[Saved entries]
*** Begin section ***

//! The MACs of HMAC keys.

ghost use Rattle.std.specs.Prelude.{◌≡◌, ◌↔◌, IsTrue};
ghost use Rattle.hmac_keys.specs.Mac.{mac_of, secret_of};

use kms_names::KeyId;
use mac_sha::{Mac, hmac256};

/// The label of the secrets of HMAC keys under the root secret.
const LABEL: &[u8] = b"mac";

/// The MAC of a message under an HMAC key: HMAC-SHA-256 (FIPS 198-1, section 4) under the key's secret,
/// which is HMAC-SHA-256 under the root secret of the label `mac` and the key's id. No memory is taken.
#[tactic(auto, unfolding(crate::specs::Mac::mac_of))]
pub fn mac_of(root: &[u8; 32], key: &KeyId, message: &[u8]) -> [u8; 32]
    ensures { result ≡ mac_of root.now key.now message.now }
{
    hmac256(&secret(root, key), message)
}

/// Whether these bytes are the MAC of the message under the key: all its 32 bytes, and no more.
///
/// Where there are 32 bytes, all of them are looked at wherever one differs; how long that takes isn't
/// proved. No memory is taken.
pub fn verify_mac(root: &[u8; 32], key: &KeyId, message: &[u8], mac: &[u8]) -> bool
    ensures { IsTrue result ↔ (mac.now ≡ mac_of root.now key.now message.now) }
{
    are_equal(&mac_of(root, key, message), mac)
}

/// The secret of an HMAC key.
#[tactic(auto, unfolding(crate::specs::Mac::secret_of))]
fn secret(root: &[u8; 32], key: &KeyId) -> [u8; 32]
    ensures { result ≡ secret_of root.now key.now }
{
    let mut mac = Mac::new(root);
    mac.add(LABEL);
    mac.add(key.as_bytes());
    mac.end()
}

/// Whether what is given is the MAC that is wanted. Their differences are gathered over all 32 bytes.
fn are_equal(wanted: &[u8; 32], given: &[u8]) -> bool
    ensures { IsTrue result ↔ (given.now ≡ wanted.now) }
{
    if given.len() != wanted.len() {
        return false;
    }
    let mut difference = 0;
    for i in 0..32 {
        difference |= wanted[i] ^ given[i];
    }
    difference == 0
}
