// How much one call moves.

/// The most bytes that one read or one write moves.
pub const MOST_CALL_BYTES: usize = 131_072;
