// What a call of a disk that failed comes to.
ghost use Rattle.std.specs.Prelude.{◌≡◌};
ghost use Rattle.hm_types.specs.declared.fault.Fault.TheVariants.{Media};

use crate::disk::Disk;
use hm_types::Fault;

/// The fault of a call of a disk that failed, whose faults were counted so many before the call.
pub fn disk_fault<D: Disk>(disk: &D, before: u64) -> Fault
    ensures { result ≡ Media before (D.faults disk.now) }
{
    Fault::Media {
        before,
        after: disk.faults(),
    }
}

*** End section ***

● What you are asked to do
The expected answer is an exact copy of the lines above, beginning at the line with "one call moves." and ending at the line with "pub fn disk_fault<D: Disk>(disk: &D, before: u64)", with both ends in.

● Answer to this task
// How much one call moves.

/// The most bytes that one read or one write moves.
pub const MOST_CALL_BYTES: usize = 131_072;
// What a call of a disk that failed comes to.
ghost use Rattle.std.specs.Prelude.{◌≡◌};
ghost use Rattle.hm_types.specs.declared.fault.Fault.TheVariants.{Media};

use crate::disk::Disk;
use hm_types::Fault;

/// The fault of a call of a disk that failed, whose faults were counted so many before the call.
pub fn disk_fault<D: Disk>(disk: &D, before: u64) -> Fault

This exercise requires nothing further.